All three had the same basic layout. Their cantilever wings were mid-mounted and had rectangular panels between roots and engines, with radiators in their leading edges. The engines were mounted ahead of the leading edges in long fairings that also housed the main landing gear. The oil radiators were nearby in the leading edges of the outer wing panels which tapered strongly to semi-elliptical tips and had about 5° dihedral.

Their fuselages were oval in cross-section and tapered rearwards to pointed extremities. Each had a glazed or semi-glazed nose and a cockpit, under raised, multi-part glazing, placed ahead of the leading edge. At the rear tetragonal plan, mid-mounted tailplanes with marked dihedral carried vertical endplate fins which, with their rudders, were roughly oval in profile. The trailing edges of broad chord elevators were slightly curved, with inboard trim tabs. A retractable tailwheel was positioned just ahead of the tailplane leading edge.

The first prototype, the VM-16, was crewed by just a pilot and navigator/gunner/bomb-aimer, seated alongside but facing rearwards. He remotely operated a 12.7 mm calibre tail gun from this position but went into the semi-glazed nose for bombing. Development concentrated on increasing defensive armament. The ground-tested but unflown second prototype, the VM-17, added another crew member to operate its four guns. It was eventually modified into the Myasishchyev VB-109, described briefly below. The final prototype, the VM-18, had a 16% increase in span and 10% in length, with a fourth crew member in an extended rear cockpit to operate its guns, one in his cockpit and two more in remotely operated dorsal and ventral barbettes. There was also a forward firing gun.
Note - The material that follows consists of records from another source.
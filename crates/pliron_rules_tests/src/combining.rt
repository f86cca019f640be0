//! Texts, and what `combine` leaves of them by the rules of `Bench`.
use pliron_bench_rules::BenchRules;
use pliron_core::{Context, Operation, Ptr};
use pliron_dialect_bench::Bench;
use pliron_laws::{OptError, is_well_linked};
use pliron_opt_combine::{CombineOutcome, Ending, combine};
use pliron_pass_pipeline::max_rewrites;
use pliron_test_cases::cases::{Case, case_of, line, read};
use pliron_test_cases::runs::{are_kept, sights};
use std::alloc::Global;
use std::process::Abort;

/// Before each text is a name, how many rewrites there are, and whether the limit of 100 was reached. They were worked
/// out by hand: what a term makes is just before the operation.
static ROWS: &str = "\
two constants become one -- 1F func { b0(x): c = const 3; v = add x c; d = const 4; w = add v d; ret w } => func { b0(v0): \
    v1 = const 3; v2 = add v0 v1; v3 = const 4; v4 = const 7; v5 = add v0 v4; v6 = add v2 v3; ret v5 }
the inner sum has another user -- 1F func { b0(x): c = const 3; v = add x c; d = const 4; w = add v d; z = mul v w; ret z } \
    => func { b0(v0): v1 = const 3; v2 = add v0 v1; v3 = const 4; v4 = const 7; v5 = add v0 v4; v6 = add v2 v3; v7 = mul v2 \
    v5; ret v7 }
a chain, in order -- 2F func { b0(x): o = const 1; a = add x o; b = add a o; c = add b o; ret c } => func { b0(v0): v1 = \
    const 1; v2 = add v0 v1; v3 = const 2; v4 = add v0 v3; v5 = add v2 v1; v6 = const 3; v7 = add v0 v6; v8 = add v4 v1; \
    ret v7 }
a chain of five -- 4F func { b0(x): o = const 1; a = add x o; b = add a o; c = add b o; d = add c o; e = add d o; ret e } => func { \
    b0(v0): v1 = const 1; v2 = add v0 v1; v3 = const 2; v4 = add v0 v3; v5 = add v2 v1; v6 = const 3; v7 = add v0 v6; v8 = add \
    v4 v1; v9 = const 4; v10 = add v0 v9; v11 = add v7 v1; v12 = const 5; v13 = add v0 v12; v14 = add v10 v1; ret v13 }
numbers that make zero -- 1F func { b0(x): o = const 1; m = const -1; a = add x o; b = add a m; ret b } => func { b0(v0): v1 = \
    const 1; v2 = const -1; v3 = add v0 v1; v4 = const 0; v5 = add v0 v4; v6 = add v3 v2; ret v5 }
an answer of the world is looked through no further -- 0F func { b0(): z = const 0; r = read; a = add r z; ret a } => func { \
    b0(): v0 = const 0; v1 = read; v2 = add v1 v0; ret v2 }
one rule after the other, at a user -- 2F func { b0(x): o = const 1; a = add x o; t = const 2; b = add a t; c = add b b; ret c } \
    => func { b0(v0): v1 = const 1; v2 = add v0 v1; v3 = const 2; v4 = const 3; v5 = add v0 v4; v6 = add v2 v3; v7 = const 2; \
    v8 = mul v5 v7; v9 = add v5 v5; ret v8 }
a value by itself -- 1F func { b0(x): a = add x x; ret a } => func { b0(v0): v1 = const 2; v2 = mul v0 v1; v3 = add v0 v0; \
    ret v2 }
a sum by itself -- 1F func { b0(x): o = const 1; a = add x o; b = add a a; ret b } => func { b0(v0): v1 = const 1; v2 = add \
    v0 v1; v3 = const 2; v4 = mul v2 v3; v5 = add v2 v2; ret v4 }
a sum that wraps -- 1F func { b0(x): c = const 9223372036854775807; a = add x c; o = const 1; b = add a o; ret b } => func { \
    b0(v0): v1 = const 9223372036854775807; v2 = add v0 v1; v3 = const 1; v4 = const -9223372036854775808; v5 = add v0 v4; \
    v6 = add v2 v3; ret v5 }
round a loop, where the leaf is bound anew -- 1F func { b0(x): br b1(x); b1(i): o = const 1; v = add i o; w = add v o; r = \
    read; cbr r b1(w) b2(); b2(): ret } => func { b0(v0): br b1(v0); b1(v1): v2 = const 1; v3 = add v1 v2; v4 = const 2; v5 \
    = add v1 v4; v6 = add v3 v2; v7 = read; cbr v7 b1(v5) b2(); b2(): ret }
an argument is looked through no further -- 0F func { b0(x): o = const 1; v = add x o; br b1(v); b1(i): w = add i o; ret w } \
    => func { b0(v0): v1 = const 1; v2 = add v0 v1; br b1(v2); b1(v3): v4 = add v3 v1; ret v4 }
the inner sum is in a region around -- 1F func { b0(x): o = const 1; v = add x o; scope { b0(): w = add v o; print w; ret }; \
    ret } => func { b0(v0): v1 = const 1; v2 = add v0 v1; scope { b0(): v3 = const 2; v4 = add v0 v3; v5 = add v2 v1; print \
    v4; ret }; ret }
the constant is on the left -- 0F func { b0(x): o = const 1; v = add o x; w = add v o; ret w } => func { b0(v0): v1 = const 1; \
    v2 = add v1 v0; v3 = add v2 v1; ret v3 }
a quotient has side effects -- 0F func { b0(x): o = const 1; v = div x o; w = add v o; ret w } => func { b0(v0): v1 = const 1; \
    v2 = div v0 v1; v3 = add v2 v1; ret v3 }
a product is no sum -- 0F func { b0(x): o = const 1; v = mul x o; w = add v o; ret w } => func { b0(v0): v1 = const 1; v2 = mul \
    v0 v1; v3 = add v2 v1; ret v3 }
a result without uses -- 0F func { b0(x): a = add x x; ret x } => func { b0(v0): v1 = add v0 v0; ret v0 }
not reached -- 0F func { b0(x): ret x; b1(): o = const 1; v = add w o; w = add v o; ret w } => func { b0(v0): ret v0; b1(): v1 \
    = const 1; v2 = add v3 v1; v3 = add v2 v1; ret v3 }
a module without dominance -- 1F mod { b0(): func { b0(x): a = add x x; ret a } } => mod { b0(): func { b0(v0): v1 = const 2; \
    v2 = mul v0 v1; v3 = add v0 v0; ret v2 } }
uses before definitions, as blocks may be -- 1F func { b0(x): br b2(); b1(): b = add a o; ret b; b2(): o = const 1; a = add x \
    o; br b1() } => func { b0(v0): br b2(); b1(): v1 = const 2; v2 = add v0 v1; v3 = add v5 v4; ret v2; b2(): v4 = const 1; \
    v5 = add v0 v4; br b1() }";

/// The same, where one rewrite is allowed.
static LIMITED: &str = "\
a chain -- 1L func { b0(x): o = const 1; a = add x o; b = add a o; c = add b o; ret c } => func { b0(v0): v1 = const 1; v2 = \
    add v0 v1; v3 = const 2; v4 = add v0 v3; v5 = add v2 v1; v6 = add v4 v1; ret v6 }
nothing to do -- 0F func { b0(x): ret x } => func { b0(v0): ret v0 }";

/// The same, where no rewrite is allowed.
static FORBIDDEN: &str = "\
a value by itself -- 0L func { b0(x): a = add x x; ret a } => func { b0(v0): v1 = add v0 v0; ret v1 }";

/// A sum that is made of itself: rules apply to it for ever, so a run of the pass ends where sixteen rewrites were made for
/// each of the three operations inside.
const ENDLESS: &str = "func { b0(): c = const 1; v = add v c; ret v }";

// How the outcome is written, as in the tables.
fn word(alloc: Global, outcome: CombineOutcome) -> Result<String, OptError> {
    let letter = match outcome.ending {
        Ending::Finished => 'F',
        Ending::LimitReached => 'L',
    };
    let count = outcome.count;
    Ok(format!(in alloc; "{count}{letter}")?)
}

fn run(
    rt: &impl Abort,
    alloc: Global,
    ctx: &mut Context,
    root: Ptr<Operation>,
    limit: usize,
) -> CombineOutcome {
    assert!(rt; root.is_live(ctx));
    assert!(rt; is_well_linked::<Bench>(root, ctx));
    combine::<Bench, BenchRules>(alloc, root, limit, ctx).expect(rt, "memory")
}

fn check_in(rt: &impl Abort, alloc: Global, ctx: &mut Context, limit: usize, case: &Case) {
    let name = case.name;
    let root = read(alloc, ctx, case.text).expect(rt, "a readable text");
    let outcome = run(rt, alloc, ctx, root, limit);
    let answer = word(alloc, outcome).expect(rt, "memory");
    assert_eq!(rt; answer.as_str(), case.answer, "{name}");
    let left = line(alloc, ctx, root).expect(rt, "the whole");
    assert_eq!(rt; left.as_str(), case.after, "{name}");
}

// What is left of each text, and what is answered, is as its case says.
fn check_all(rt: &impl Abort, alloc: Global, limit: usize, cases: &str) {
    for row in cases.lines() {
        let case = case_of(row).expect(rt, "a case");
        let mut ctx = Context::new(alloc);
        check_in(rt, alloc, &mut ctx, limit, &case);
    }
}

#[test]
fn rows(rt: HostRuntime) {
    check_all(&rt, rt.alloc(), 100, ROWS)
}

#[test]
fn a_limit(rt: HostRuntime) {
    check_all(&rt, rt.alloc(), 1, LIMITED)
}

#[test]
fn no_rewrite(rt: HostRuntime) {
    check_all(&rt, rt.alloc(), 0, FORBIDDEN)
}

fn end_in(rt: &impl Abort, alloc: Global, ctx: &mut Context) {
    let root = read(alloc, ctx, ENDLESS).expect(rt, "a readable text");
    assert!(rt; root.is_live(ctx));
    let limit = max_rewrites(root, ctx);
    assert_eq!(rt; limit, 48);
    let outcome = run(rt, alloc, ctx, root, limit);
    let answer = word(alloc, outcome).expect(rt, "memory");
    assert_eq!(rt; answer.as_str(), "48L");
}

#[test]
fn a_sum_of_itself_ends(rt: HostRuntime) {
    let alloc = rt.alloc();
    let mut ctx = Context::new(alloc);
    end_in(&rt, alloc, &mut ctx)
}

fn compare_in(rt: &impl Abort, alloc: Global, ctx: &mut Context, case: &Case) {
    let name = case.name;
    let root = read(alloc, ctx, case.text).expect(rt, "a readable text");
    let before = sights(alloc, ctx, root, 100).expect(rt, "memory");
    run(rt, alloc, ctx, root, 100);
    let after = sights(alloc, ctx, root, 500).expect(rt, "memory");
    assert!(rt; are_kept(&before, &after), "{name}");
}

#[test]
fn runs_are_kept(rt: HostRuntime) {
    for row in ROWS.lines() {
        let case = case_of(row).expect(&rt, "a case");
        let mut ctx = Context::new(rt.alloc());
        compare_in(&rt, rt.alloc(), &mut ctx, &case);
    }
}
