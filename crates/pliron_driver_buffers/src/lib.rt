//! Calls for other languages: from texts in memory to an answer in the caller's buffer, with a status.
//!
//! It knows lists of passes, texts of any notation and buffers; of pointers, arguments, files and streams it knows
//! nothing.
#![tactic(auto)]

mod buffer;
mod fault;
mod graph;
mod optimise;
mod optimise_module;
mod status;

pub use fault::{Place, find_fault_into, find_module_fault_into};
pub use graph::describe_graph_into;
pub use optimise::{optimise_by_list, optimise_into};
pub use optimise_module::{MAX_MODULE, ModulePass, ModulePipeline, optimise_module_into};
pub use pliron_driver::{BenchNotation, Notation};
pub use status::{CallFailure, Status};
The VM-16 was first flown on 30 December 1944. The VM-17 was not flown until late 1945, after modification into the VB-109; the VM-18 was flown in 1946, though flight tests were not completed before programme cancellation.

==Variants==

Data from Russian Aircraft 1875-1995

- VM-16
  Two-seater. Single remotely operated 12.7 mm calibre tail gun. First flown 30 December 1944. One only.

- VM-17
  Three crew and extra armament. Empty weight increased by 559 kg but dimensions unchanged. Ground-tested but unflown until converted into the VB-109. Four guns, three 20 mm calibre, the other 12.7 mm. One only.

- VM-18
  Four crew, cockpit modified for gun. Span increased to 20.06 m and length to 15.02 m. Four guns, one fixed, forward firing 20 mm and the others 12.7 mm calibre, rearward firing. It was flown in 1946 but its tests were not completed when the programme was abandoned. One only.

- VB-109
  Rebuilt two-seat VM-17, with the same span as the VM-16 and VM-17 and a length of 14.17 m. It had two seats in a pressurized cabin and was more heavily armour-plated than its predecessors. There were two 20 mm guns, one remotely operated in the tail as in the VM-16 and another fixed. It was intended to have upgraded, two-stage supercharged Klimov VK-109 engines, though interim Klimov VK-107As powered its first flight, made in late 1945. One only.